Realistically there is an upper bound to your compute budget. If you needed 1000GPUS for 30 days for a small model, you need 1000GPUS for 300 days for that ~10% at these smaller sizes, or 10,000GPUS for 30 days... You're going to become limited very quickly by time and/or money. There's a reason openai said they aren't training a model larger then GPT 4 at the moment - I don't think they can scale it from what I think is a ~1~2T model.

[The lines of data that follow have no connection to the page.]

//! The count of a window of a run.

ghost use Rattle.std.specs.Prelude.{◌≡◌, length};
ghost use Rattle.cache_core.specs.Filled.{empties};
ghost use Rattle.cbm.specs.Masks.{ways_of};

use crate::opening::Opening;
use cache_core::What;
use private_lru::{ExclusiveSpan, WindowCounts};
use run_counts::Window;

/// Whether this empties the slice.
pub(crate) fn empties(what: What) -> bool
    ensures { result ≡ empties what }
{
    matches!(what, What::Flush | What::Lock { .. })
}

/// The window of an exclusive group after a flush or a lock, with these counts.
pub(crate) fn window_of(opening: Opening, stay: ExclusiveSpan, counts: WindowCounts) -> Window
    ensures place { (result.domain ≡ opening.domain) × (result.slice ≡ opening.slice) × (result.from ≡ opening.from) × (result.gid ≡ stay.gid) }
    ensures ways { result.ways ≡ length (ways_of stay.mask) }
    ensures counts { (result.accesses ≡ counts.accesses) × (result.hits ≡ counts.hits) × (result.covered ≡ counts.covered) × (result.covered_hits ≡ counts.covered_hits) × (result.private ≡ counts.covered_hits) }
{
    Window {
        domain: opening.domain,
        slice: opening.slice,
        gid: stay.gid,
        ways: cbm::count(stay.mask) as u8,
        from: opening.from,
        accesses: counts.accesses,
        hits: counts.hits,
        covered: counts.covered,
        covered_hits: counts.covered_hits,
        private: counts.covered_hits,
    }
}
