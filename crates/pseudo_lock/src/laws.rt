//! What holds of first lines, by the number of the region, and how many regions there are at most.
ghost use Rattle.std.specs.Prelude.{◌≡◌};
ghost use Rattle.pseudo_lock.specs.declared.regions.TheConstants.{DOMAINS, MAX_PLACED};
ghost use Rattle.pseudo_lock.specs.FirstLines.{LinesAreApart, FirstLinesAreLow, FirstLinesAreWhole};

/// The first lines of regions, by the numbers of the regions: no line is of two regions, a region begins at set 0 of
/// every machine, and the lines of all regions that may be placed are below 2^60.
pub fn first_lines()
    ensures apart { LinesAreApart }
    ensures whole { FirstLinesAreWhole }
    ensures low { FirstLinesAreLow }
{}

/// The limits are these numbers (this project's profile). Every other clause cites a limit by its name.
pub fn limits_are_stated()
    ensures domains { DOMAINS ≡ 8 }
    ensures placed { MAX_PLACED ≡ 4_000_000 }
{}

MacsHeadroom · on April 19, 2023

The optimal training tokens for 65B parameters is like 80T.

Emad tweeted "Goin to train a 3B model on 3T tokens" last month. These 800B checkpoints are just early alpha training checkpoints.

The full training set is 1.5T currently and will likely grow.

sebzim4500 · on April 19, 2023

Depends on your compute budget.

kiraaa · on April 19, 2023

and also easy to deploy

burtonator · on April 19, 2023

Were you able to figure out if the RL models are going to be jailed? A 65B parameter model could be a bit frightening. That's 1/3rd the size of GPT3.

sebzim4500 · on April 19, 2023

I'm sure there will be a bunch of different RL tuned versions of them, RLHF isn't that expensive. IIRC Microsoft has software that will do it for a few thousand dollars for a model that size. I'm sure someone will release a non-lobotomized version, maybe OpenAssistant.

kiraaa · on April 19, 2023

its not alway about the size, but yeah its really good!

HarHarVeryFunny · on April 19, 2023

They mention 1.5T training tokens, perhaps for the largest model only ?

vikp · on April 19, 2023

It's unclear which models will be trained to 1.5T tokens. The details of how many tokens each model saw in training are on Github - https://github.com/stability-AI/stableLM/ . But only for the ones that have been released.

thunderbird120 · on April 19, 2023

I just asked a stability employee and they said the the current models ran into an overfitting issue probably due to some duplicated data somewhere in their dataset, which consists of 1.5T tokens. The 800B tokens is the number of tokens they've been trained on so far. The plan is to keep going and train on the rest of the data once the issue is resolved.

HarHarVeryFunny · on April 19, 2023

I've asked this question in a few places, and never been able to get an answer, maybe you know...

Q: Why are these LLMs trained on a single epoch, and perform worse if the dataset is repeated ?

This seems maybe related to suspecting data duplication as a cause of overfitting.

Why don't LLMs need multi-epoch training at a low learning rate to generalize? If they are managing to learn from a single epoch, that sounds more like they may be memorizing!

thunderbird120 · on April 20, 2023

Never repeating your training data is what you'd ideally like to do for training basically any ML model. If you do that you don't really need to worry about overfitting since the model is constantly trying to fit a stream of new data. To reduce its training error it actually has to model the structure of the data rather than just memorizing it since each training step will involve data it has never seen before. Larger models are more prone to overfitting but also learn several orders of magnitude faster. If you can use larger models without being concerned about overfitting it's generally desirable to do so. It's just that most tasks don't actually have enough data to support doing that. Thankfully, text modeling does have enough data.

HarHarVeryFunny · on April 21, 2023

Thanks.

So when, for example, we train an ImageNet model over multiple epochs using rotation/scaling/etc augmentation, it's really better to think of this as one epoch over a unique set of images than multi-epoch per se ? I was really thinking of augmentation as a way to get coverage over the input space rather than ensuring the training data doesn't repeat, but I guess it serves both purposes.

It does still seem that many LLMs are overfitting / memorizing to a fair degree though - maybe just because they are still too big for the amount of data they are trained on ? It seems like a bit of a balancing act - wanting an LLM to generalize, but yet also to serve as somewhat of a knowledge store for rare data it has only seen once.